俵 私も先ほど試させて頂いたんですけれど、小さな声で『ファファ』と言えばそれがちゃんと音になるのでコミュニケーションはできますね。今日、訓練に来ている方は皆さんお持ちなんですか?
久永 持っていますが、先にELをやって食道発声を習うと成功率はほとんどないんです。これは原理が逆だからです。ELは機械を当てて口を動かすだけなんですが、息を入れてはダメなんです。ところが食道発声は空気を口から食道に入れなければならない。その音で喋る。『空気を入れてから口を動かすように』って指導しているのに、ELは『空気を入れずに口を動かして』というワケですから、逆の癖がついちゃうわけです。
俵 つまり食道発声をちゃんとやってからELを勉強したほうが良いわけですね。
久永 そうです。食道発声でも、壁にあたる人がいます。どうしても食道発声が難しいと。そういうときは、ELに移行すればスムースにいきます。

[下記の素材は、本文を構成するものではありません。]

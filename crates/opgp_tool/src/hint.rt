//! What an input that is refused seems to be, in a few words for people.

ghost use Rattle.std.specs.Prelude.{◌≡◌, Some};
ghost use Rattle.opgp_tool.specs.Hint.{hint_text, is_loss};
ghost use Rattle.opgp_tool.specs.HintText.{text_of};

use std::fmt;

/// What is told of an input, or what to do about it.
#[derive(Clone, Copy)]
pub enum Advice {
    /// It has no octets.
    Empty,
    /// Compressed by a program.
    Gzip,
    Bzip2,
    Xz,
    Zstandard,
    Zip,
    /// Pictures and pages.
    Png,
    Jpeg,
    Pdf,
    Page,
    /// Keys of other programs.
    Keybox,
    Pem,
    Ssh,
    /// Texts in an encoding that isn't ASCII's.
    ByteOrderMark,
    Wide,
    /// A text without a begin line, or with one that isn't at the start of its line.
    NotArmored,
    Quoted,
    /// Begin lines that open no block.
    SignedText,
    SecondMessage,
    ArmoredFile,
    LostLineEnds,
    OtherLabel,
    /// Lines of a block.
    NoHeader,
    NoLetter,
    BadPadding,
    AfterChecksum,
    GluedFiles,
    NoEndLine,
    LongLine,
    CutText,
    /// A line outside of blocks.
    NotBlank,
    /// Octets that are no packets.
    ReadAsPackets,
    BehindPackets,
    LineEndBehind,
    ZerosBehind,
    NoPacket,
    CutPacket,
    CompressedPacket,
    OtherPacket,
    /// Limits.
    LongInput,
    LongBody,
    ManyPieces,
    LongCertificate,
    /// A packet whose body is malformed, or a key of another version.
    Malformed,
    OtherKeyVersion,
    /// Packets and blocks that no keyring has.
    SecretKey,
    SignatureBlock,
    MessageBlock,
    OtherBlock,
    NoPrimary,
    MessagePacket,
    ForeignPacket,
    NotSigned,
    NotASignature,
    /// A document that is no text.
    StrayReturn,
    /// Lines of a cleartext message.
    NoSignedText,
    BesideMessage,
    NoHashHeader,
    Unescaped,
    NoText,
    CutMessage,
    /// A file that isn't one of verdicts on the keyring.
    OtherVerdicts,
}

/// The text of each of them.
macro_rules! texts {
    ($advice:expr; $($name:ident $text:literal,)*) => {
        match $advice {
            $(Advice::$name => $text,)*
        }
    };
}

impl Advice {
    #[tactic(auto, unfolding(crate::specs::HintText::text_of))]
    /// Its text.
    pub fn text(self) -> &'static str
        ensures { result.now ≡ text_of self }
    {
        texts! { self; Empty "the input is empty",
            Gzip "this looks like gzip; decompress it first",
            Bzip2 "this looks like bzip2; decompress it first",
            Xz "this looks like xz; decompress it first",
            Zstandard "this looks like zstd; decompress it first",
            Zip "this looks like a zip archive; unpack it first",
            Png "this looks like a PNG picture, not a key",
            Jpeg "this looks like a JPEG picture, not a key",
            Pdf "this looks like a PDF document, not a key",
            Page "this looks like an HTML or XML page; save the text of the key alone",
            Keybox "this is GnuPG's keybox; gpg --export writes its keys",
            Pem "this looks like PEM, as TLS and SSH have it; OpenPGP has -----BEGIN PGP",
            Ssh "this looks like an SSH key, not like OpenPGP",
            ByteOrderMark "the input begins with a byte order mark; remove its three octets",
            Wide "this looks like UTF-16 text; save it as UTF-8",
            NotArmored "no line begins with -----BEGIN PGP; this isn't armored",
            Quoted
                "a begin line that isn't at the start of its line; remove what is in front of each line",
            SignedText "a cleartext signed message; opgp cleartext reads it",
            SecondMessage "a second signed message; opgp cleartext reads one, so give it each by itself",
            ArmoredFile "an ARMORED FILE; gpg --dearmor writes its octets",
            LostLineEnds
                "text follows the begin line's hyphens; remove it, or restore the line ends that were lost",
            OtherLabel "a begin line of no block that opgp reads",
            NoHeader "not a header; a blank line must be in front of the data",
            NoLetter "a character that isn't base64; the text is quoted or was changed",
            BadPadding "the base64 doesn't end as it must; letters are missing or changed",
            AfterChecksum "text between the checksum and the end line",
            GluedFiles
                "a begin line within a block; the end line, or the line end in front of it, is missing",
            NoEndLine "begins with a hyphen, but isn't the block's end line",
            LongLine "a line longer than --line allows",
            CutText "the text ends within a block; its end line is missing",
            NotBlank
                "not blank, outside of armored blocks; read each file by itself, or remove the line",
            ReadAsPackets
                "a begin line of armor, but this was read as packets; --mode armor reads armored blocks alone",
            BehindPackets
                "armor behind packets; write each file by itself with opgp write --out binary, and join these",
            LineEndBehind "a line end where a packet should begin; remove it",
            ZerosBehind "zeros where a packet should begin; remove them",
            NoPacket "these octets aren't an OpenPGP packet",
            CutPacket "octets of a packet are missing; it was cut, or isn't OpenPGP",
            CompressedPacket
                "a packet of compressed data, as messages have; gpg --decrypt unpacks it",
            OtherPacket "a packet that opgp doesn't read, or no OpenPGP at all",
            LongInput "the input is longer than --input allows",
            LongBody "a packet longer than --body allows, or no OpenPGP at all",
            ManyPieces "a packet in more pieces than --pieces allows",
            LongCertificate
                "a certificate, or what precedes the first one, longer than --cert allows",
            Malformed "a malformed packet; --malformed keep accepts it if it is a signature",
            OtherKeyVersion
                "a key of a version other than 4 and 6; nothing of the keyring is read, so export it without that key",
            SecretKey "a secret key; don't pass it on (gpg --export writes the public key)",
            SignatureBlock "a signature alone; opgp show lists its packets",
            MessageBlock "a message, not a keyring; opgp show lists its packets",
            OtherBlock "a block that this command doesn't read; opgp show lists its packets",
            NoPrimary
                "no key in front of it; a revocation certificate goes behind its key, a detached signature isn't a keyring",
            MessagePacket "a packet of a message, not of a keyring; opgp show lists it",
            ForeignPacket "a packet that no public keyring has; opgp show lists it",
            NotSigned "not one literal packet with its signatures",
            NotASignature "not detached signatures alone; opgp show lists any packets",
            StrayReturn
                "a carriage return without a line feed; programs hash three different texts for it",
            NoSignedText "no cleartext signed message; one begins with -----BEGIN PGP SIGNED MESSAGE-----",
            BesideMessage "not blank, outside of the signed message; nothing signs it",
            NoHashHeader
                "not a Hash header, which names hash algorithms; a blank line must be in front of the text",
            Unescaped "a hyphen begins the line, and no escape, a hyphen and a space, is in front of it",
            NoText "no line of text in front of the signatures",
            CutMessage "the text ends within the signed message; its signatures are missing",
            OtherVerdicts
                "opgp-verify --verdicts writes the file of verdicts on a keyring, from the same octets",
        }
    }
}

/// What is told beside the fault, or the success, of a run.
#[derive(Clone, Copy)]
pub enum Hint {
    /// Of the input as a whole.
    Plain(Advice),
    /// Of a line of the text, by its number, from 1.
    Line(Advice, u64),
    /// So many octets outside of armored blocks were passed over.
    Skipped(u64),
}

impl Hint {
    /// Whether it tells of octets that were passed over.
    pub fn is_loss(self) -> bool
        ensures { result ≡ is_loss self }
    {
        matches!(self, Hint::Skipped(_))
    }
}

/// The line, without its line feed.
impl fmt::Display for Hint {
    ghost output = { λ hint. Some (hint_text hint) };

    fn fmt<W: fmt::Write>(&self, f: &mut fmt::Formatter<W>) -> fmt::Result {
        match self {
            Hint::Plain(advice) => {
                let text = advice.text();
                write!(f, "opgp: {text}")
            }
            Hint::Line(advice, line) => {
                let text = advice.text();
                write!(f, "opgp: line {line}: {text}")
            }
            Hint::Skipped(count) => {
                write!(
                    f,
                    "opgp: {count} octets outside of armored blocks were skipped; read a binary file by itself"
                )
            }
        }
    }
}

俵 ELがいろいろな声を出せるようになるといいですね。
久永 私たちもメーカーに開発を頼んでいます。そうすれば声に個性が出てより自然体になりますから。
声を取り戻して元の職場に

「失った声も必ず取り戻すことが出来ます。あ
きらめないで一緒に頑張っていく」と久永さん
俵 ところで、喉頭がんというのは、手術した後、転移などの心配はあるのでしょうか?
久永 転移の可能性は低いですね。喉頭は握り拳くらいの軟骨なんです。手術前にここから散ってしまうと食道やリンパに転移するんですけど、中にいる間に取ってしまえば転移しにくいです。声がかすれたり、変わったりするので見つけやすく早期に取れば治りやすいがんなんです。
俵 やはり前兆は声がかすれるんですか?
久永 そうですね。僕の場合は、ほとんど症状が出なかった。ちょっと声がかすれたくらい。でも42歳といえば働き盛りですからタバコは吸うわ、酒は飲むわで、声なんかしょっちゅうかすれていたんです。だから病気だなんて思いませんでしたね。ただ魚の小骨がつかえたような感じが続いて声も出ないのはおかしいと思って、やっと病院に行ったら即入院、手術でした。幸い軟骨の中にとどまっていてくれたので現在まで転移もなくきています。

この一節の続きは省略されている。